LOLOLOL (Thats laughing out loud out loud out loud).


----------



## MistahTaki (Apr 24, 2010)

StarCommand said:


> LOLOLOL (Thats laughing out loud out loud out loud).


I like the lime green one. it look real nice.


----------



## StarCommand (Dec 21, 2010)

MistahTaki said:


> I like the lime green one. it look real nice.

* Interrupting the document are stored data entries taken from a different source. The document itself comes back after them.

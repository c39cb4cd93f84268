//! Sayings that name an edge of the hierarchy, which version 1 has no words for.
ghost use Rattle.std.specs.Prelude.{◌≡◌, option_map};
ghost use Rattle.std.specs.List.{list_any};
ghost use Rattle.policy_words.specs.Sayings.{is_edge, item_names_edge, names_edge};
ghost use Rattle.policy_words.specs.Versions.{is_allowed};
ghost use Rattle.policy_words.specs.Seen.{seen_said};
ghost use Rattle.policy_words.specs.Reading.{formed_in};
ghost use Rattle.policy_lines.specs.Answered.{ReadsAs};

use policy_words::{Item, NamedFluent, Said, TextKind};

/// Whether a fluent is of an edge, and so has words in version 2 alone.
fn is_edge(fluent: &NamedFluent) -> bool
    ensures { result ≡ is_edge fluent.now }
{
    match fluent {
        NamedFluent::Edge(_, _) => true,
        _ => false,
    }
}

/// Whether an item of a body names an edge; a signal never does.
fn item_names_edge(item: &Item) -> bool
    ensures { result ≡ item_names_edge item.now }
{
    match item {
        Item::Event(event) => is_edge(&event.fluent),
        Item::Signal(_) => false,
        Item::Cond(cond) => is_edge(&cond.fluent),
        Item::Settled(cond) => is_edge(&cond.fluent),
    }
}

/// Whether one of the items of a body names an edge.
fn any_names_edge(items: &[Item]) -> bool
    ensures { result ≡ list_any item_names_edge items.now }
{
    items.iter().any(|item| item_names_edge(item))
}

/// Whether a saying links, unlinks or asks for an edge, which version 1 has no words for.
fn names_edge(said: &Said) -> bool
    ensures { result ≡ names_edge (seen_said said.now) }
{
    match said {
        Said::Limit { cond, .. } => is_edge(&cond.fluent),
        Said::Opening(fluent) => is_edge(fluent),
        Said::Entry { head, .. } => is_edge(&head.event.fluent),
        Said::When { items, head, .. } => {
            any_names_edge(items.as_slice()) || is_edge(&head.event.fluent)
        }
        _ => false,
    }
}

/// Whether the version has words for a saying; `edges` is whether it has words for edges.
pub(crate) fn is_allowed(edges: bool, said: &Said) -> bool
    ensures { result ≡ is_allowed edges (seen_said said.now) }
{
    !names_edge(said) || edges
}

/// A saying, or that the words have no form; where `edges` is false no form names an edge.
pub(crate) fn formed_in(edges: bool, said: Option<Said>) -> Result<Said, TextKind>
    ensures { ReadsAs result (formed_in edges (option_map seen_said said)) }
{
    let Some(said) = said else {
        return Err(TextKind::Form);
    };
    if is_allowed(edges, &said) {
        Ok(said)
    } else {
        Err(TextKind::Form)
    }
}
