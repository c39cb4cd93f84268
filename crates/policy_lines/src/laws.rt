//! Laws of the lines of a policy.
ghost use Rattle.policy_lines.specs.Laws.{NumbersAreDecimal, SayingsAreRead, WrittenIsRead, LinesAreCut};

/// A word is a number exactly where it is the decimal text of the number.
pub fn numbers_are_decimal()
    ensures { NumbersAreDecimal }
{}

/// Reading a line by its words is what the spellings of sayings say of it: it says nothing, or just
/// the saying that it is spelled by, or it has the fault that comes first in their order.
pub fn sayings_are_read()
    ensures { SayingsAreRead }
{}

/// A saying in range is read from the line that it writes, if the line has at most 4,096 bytes.
pub fn written_is_read()
    ensures { WrittenIsRead }
{}

/// Lines without a line feed are the lines of the text that they make, and each saying in range is
/// written in one line.
pub fn lines_are_cut()
    ensures { LinesAreCut }
{}
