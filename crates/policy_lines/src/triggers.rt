//! Lines of triggers.
ghost use Rattle.std.specs.Prelude.{◌≡◌, option_map, Some, IfOk};
ghost use Rattle.std.specs.List.{list_any};
ghost use Rattle.policy_words.specs.Sayings.{is_cause, is_body, is_bodied};
ghost use Rattle.policy_words.specs.Seen.{seen_said};
ghost use Rattle.policy_words.specs.Reading.{trigger_in, trigger_by};
ghost use Rattle.policy_lines.specs.Answered.{ReadsAs};

use crate::edges::is_allowed;
use crate::items::read_items;
use crate::parts::{next_head, read_delay};
use gt_base::{MAX_ITEMS, MAX_POLICY_PRIO, Memory};
use gt_text::Words;
use policy_words::{Item, Said, TextKind};
use std::alloc::Global;

/// Whether an item brings a trigger about: an event or a signal, not a condition.
fn is_cause(item: &Item) -> bool
    ensures { result ≡ is_cause item.now }
{
    match item {
        Item::Event(_) | Item::Signal(_) => true,
        Item::Cond(_) | Item::Settled(_) => false,
    }
}

/// Whether one of the items is an event or a signal, without which no trigger can fire.
fn has_cause(items: &[Item]) -> bool
    ensures { result ≡ list_any is_cause items.now }
{
    items.iter().any(|item| is_cause(item))
}

/// At most 16 items, of which one is an event or a signal.
fn is_body(items: &[Item]) -> bool
    ensures { result ≡ is_body items.now }
{
    items.len() <= MAX_ITEMS && has_cause(items)
}

/// Whether the body of a trigger is in order; other sayings have none.
fn is_bodied(said: &Said) -> bool
    ensures { result ≡ is_bodied (seen_said said.now) }
{
    match said {
        Said::When { items, .. } => is_body(items.as_slice()),
        _ => true,
    }
}

/// The items, the head and the delay of a trigger.
#[tactic(auto, unfolding(crate::specs::Cursors::items_of))]
fn when(alloc: Global, mut words: Words<'_>) -> Result<Option<Said>, Memory>
    ensures { IfOk result (λ said. option_map seen_said said ≡ trigger_in words.entry) }
{
    let Some(items) = read_items(alloc, &mut words)? else {
        return Ok(None);
    };
    let Some(head) = next_head(MAX_POLICY_PRIO, &mut words) else {
        return Ok(None);
    };
    let Some(delay) = read_delay(words) else {
        return Ok(None);
    };
    Ok(Some(Said::When { items, head, delay }))
}

/// A trigger, or what is wrong with it: first that version 1 has no form for it, then its body.
fn judged(edges: bool, said: Said) -> Result<Said, TextKind>
    ensures { ReadsAs result (trigger_by edges (Some (seen_said said))) }
{
    if !is_allowed(edges, &said) {
        return Err(TextKind::Form);
    }
    if is_bodied(&said) {
        Ok(said)
    } else {
        Err(TextKind::Body)
    }
}

/// What a line of a trigger says.
pub(crate) fn trigger(alloc: Global, edges: bool, words: Words<'_>) -> Result<Said, TextKind>
    ensures { ReadsAs result (trigger_by edges (trigger_in words.entry)) }
{
    match when(alloc, words) {
        Err(_) => Err(TextKind::Memory),
        Ok(None) => Err(TextKind::Form),
        Ok(Some(said)) => judged(edges, said),
    }
}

Hot, but lime green would clash with my minty green boots and my lime green pants...WAIT! OH NOES! MY PANTS CLASH WITH MY BOOTS! Now I have to burn my pants, or my boots... or both. CRAP! AHHHH!! MELTDOWN!!! I'll never be able to ride like Shaun White if I don't match!


----------



## Presto (Dec 29, 2010)

MistahTaki said:


> no. ya suppose to tuck in. otherwise snow gonna git in. numbnuts


Alright. Ill be sure to look like this next time i board.






Thanks for the advice.


----------



## MistahTaki (Apr 24, 2010)

Presto said:


> Alright. Ill be sure to look like this next time i board.
> View attachment 4804
> Thanks for the advice.


i dunno why ya gotta post a pic of it. yes, thats how you tuck it in need it if ya needed the confirmation.


----------



## garlicbread (Oct 23, 2010)

just wear cut offs youll be fine


----------



## Ratsch-Bumm (Dec 24, 2010)

Presto said:


> I hope you are not serious. Dont do this. you will look like a tard.


but on the other hand all girls on a slope will see nice, bright laces on the OP's boots


----------



## AIRider (Dec 25, 2010)

hahaha I'm glad I can entertain you fellas, hahaha and thanks for the links, I'll post some pics once I get my pink/yellow laces ... 

in the mean time, here's a picture from yesterday of me and my gf.... beautiful day ...


----------



## 509Trevor (Nov 8, 2010)

See guys he wants the laces to match the bindings to match the jacket to match the face mask...lol

Come on guys this guys style gives him so much steeze, and his swagga is through the roof.

Get longer pants, no one will see your laces.

P.S. Your hat and goggles don't match the rest of your style. Get your game up


----------



## AIRider (Dec 25, 2010)

509Trevor said:


> See guys he wants the laces to match the bindings to match the jacket to match the face mask...lol
> 
> Come on guys this guys style gives him so much steeze, and his swagga is through the roof.
> 
> ...



I'm working on it man, give me some slack I'm trying hard to impress the ladies with my swaggga..

But again sliding down the mountain on my ass, ipod in the ear, no better feeling... Listening to Kanye spit.... 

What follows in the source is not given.